Acceptance is so damn hard to accept

Sometimes I forget how long I’ve been grieving. Eva is where our trying to conceive journey ended, but it began four years ago. Living with infertility and loss is a silent grief that society doesn’t recognize because the children that we dream about are not always visible. And the tiny ones were not even recorded in snapshots.

There are many of us who have had multiple losses that compound the grief. It’s not clear where mourning for one child ends and the other begins—it’s all a giant, jumbled mess of crushed dreams.

Three years ago this Labor Day weekend my miscarriage started. Mourning that child was the pinnacle of pain. There was no way it could feel worse. We had tried for a year to get pregnant and it lasted six weeks. My body clung to that tiny embryo not wanting to give it up. I grieved deeply for that lost soul for months, it’s evident on my journal pages with drips of tears forever imprinted in the blurry ink.
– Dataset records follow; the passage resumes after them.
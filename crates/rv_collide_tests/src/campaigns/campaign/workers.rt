//! Campaigns by several workers.
use super::gates::{Meets, Shut, Shuts};
use crate::assertion::assert_is;
use crate::campaigns::images::{P, image, plan};
use rv_campaign::{CampaignFault, campaign};
use rv_collide::collider::Finished;
use rv_collide::entry::Entry;
use rv_drive::gate::{FreeGate, Gate};
use std::alloc::Global;
use std::process::Abort;
use std::sync::Wait;
use std::thread::Threads;

/// What a campaign of two harts over `P` tells.
fn made<R: Threads + Wait + Abort, G: Gate>(
    rt: &R,
    alloc: Global,
    runs: u32,
    workers: u32,
    gate: &G,
) -> Result<Vec<Finished>, CampaignFault<G::Shut>> {
    let plan = plan(rt, 2, 100, 8, 3);
    let image = image(rt, alloc, &P);
    campaign(rt, alloc, &image, plan, 5, runs, workers, &[], gate)
}

/// The runs' schedules, without what else they leave.
fn schedules(rt: &impl Abort, alloc: Global, told: Vec<Finished>) -> Vec<Vec<Entry>> {
    let mut schedules = Vec::new(alloc);
    for one in told {
        schedules.push(one.entries).expect(rt, "memory");
    }
    schedules
}

fn schedules_by<R: Threads + Wait + Abort, G: Gate>(
    rt: &R,
    alloc: Global,
    runs: u32,
    workers: u32,
    gate: &G,
) -> Vec<Vec<Entry>> {
    let told = made(rt, alloc, runs, workers, gate)
        .ok()
        .expect(rt, "a campaign");
    schedules(rt, alloc, told)
}

/// How many runs, and by how many workers.
const SPLITS: [(u32, u32); 6] = [(7, 2), (7, 3), (7, 16), (1, 16), (16, 1), (16, 16)];

#[test]
fn one_answer_whatever_the_number_of_workers(rt: HostRuntime) {
    for (runs, workers) in &SPLITS {
        let alone = schedules_by(&rt, rt.alloc(), *runs, 1, &FreeGate);
        let told = schedules_by(&rt, rt.alloc(), *runs, *workers, &FreeGate);
        assert_is(&rt, told.len(), *runs as usize, "runs");
        assert_is(&rt, told, alone, "schedules");
    }
}

/// Workers that meet before each run: as many threads as workers, since fewer would wait for one another.
fn assert_meets<R: Threads + Wait + Abort>(rt: &R, alloc: Global, workers: u8) {
    let gate = Meets::new(alloc, workers).expect(rt, "memory");
    let runs = u32::from(workers);
    let told = schedules_by(rt, alloc, runs, runs, &gate);
    let free = schedules_by(rt, alloc, runs, runs, &FreeGate);
    assert_is(rt, told, free, "schedules");
}

#[test]
fn each_worker_is_a_thread_of_its_own(rt: HostRuntime) {
    assert_meets(&rt, rt.alloc(), 2);
    assert_meets(&rt, rt.alloc(), 16);
}

#[test]
fn one_worker_meets_no_other(rt: HostRuntime) {
    let gate = Meets::new(rt.alloc(), 2).expect(&rt, "memory");
    let fault = made(&rt, rt.alloc(), 2, 1, &gate).err();
    let shut = Shut {
        worker: 0,
        calls: 1,
    };
    let wanted = Some(CampaignFault::GateClosed(0, shut));
    assert_is(&rt, fault, wanted, "a closed gate");
}

/// How many runs and workers there are, which call of which worker is refused (of worker 16 none), and how often each
/// worker then comes and has left.
const CALLS: [(u32, u8, u8, u64, &[u64], &[u64]); 5] = [
    (7, 3, 16, 0, &[3, 2, 2], &[3, 2, 2]),
    (8, 5, 16, 0, &[2, 2, 2, 1, 1], &[2, 2, 2, 1, 1]),
    (2, 4, 16, 0, &[1, 1, 0, 0], &[1, 1, 0, 0]),
    (7, 3, 1, 2, &[3, 2, 2], &[3, 1, 2]),
    (7, 3, 0, 1, &[1, 2, 2], &[0, 2, 2]),
];

fn assert_counted(rt: &impl Abort, alloc: Global, gate: &Shuts, came: &[u64], left: &[u64]) {
    let calls = gate.came(alloc).expect(rt, "memory");
    assert_is(rt, calls.as_slice(), came, "calls");
    let leaves = gate.left(alloc).expect(rt, "memory");
    assert_is(rt, leaves.as_slice(), left, "leaves");
}

/// The runs are split among the workers, and each leaves the gate as often as it was let in, where another is refused
/// too.
#[test]
fn each_worker_enters_and_leaves_for_each_of_its_runs(rt: HostRuntime) {
    for (runs, workers, refused, call, came, left) in &CALLS {
        let gate = Shuts::new(rt.alloc(), *workers, *refused, *call).expect(&rt, "memory");
        let fault = made(&rt, rt.alloc(), *runs, u32::from(*workers), &gate).err();
        let shut = Shut {
            worker: *refused,
            calls: *call,
        };
        let wanted = (*refused < 16).then_some(CampaignFault::GateClosed(*refused, shut));
        assert_is(&rt, fault, wanted, "a closed gate");
        assert_counted(&rt, rt.alloc(), &gate, *came, *left);
    }
}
And then I lost Eva. In the hierarchy of grief, I thought I had let that baby go because I had been with Eva so much longer, and actually held her in my arms and stared into her eyes. Until the feelings came flooding back to me these past few days, of how very difficult this journey has been for YEARS. And that’s the root of my pain lately.

I have a distinct memory that replays in my mind of looking into the bathroom mirror and rubbing my pregnant belly as I told Eva, “We’ve dreamed of you for so long, please stay with us. You are our last chance.” I thought if I said it out loud then it all had to work out. It was our last shot, I mean, come on, it has to end well because this is IT.

I have longed for a second child since the moment my first child was born. I would stare at him in the same bathroom mirror and think, “I can’t wait to do this again!” And I still long for that child, yet I don’t know where to go from here. With genetics involved this journey got even more complicated than we ever could have imagined. Then there is the big question: Can our hearts handle another loss? We have an 8-year-old son who counts that miscarriage as a brother. Even though we didn’t know the sex, he thinks it was a boy. It’s all he has to cling to for siblings, two spirits in Heaven, it would be so painful to walk him through the loss of another.

Here we are. Paralyzed. Trying to practice acceptance, yet realizing, once again—acceptance is so damn hard to accept.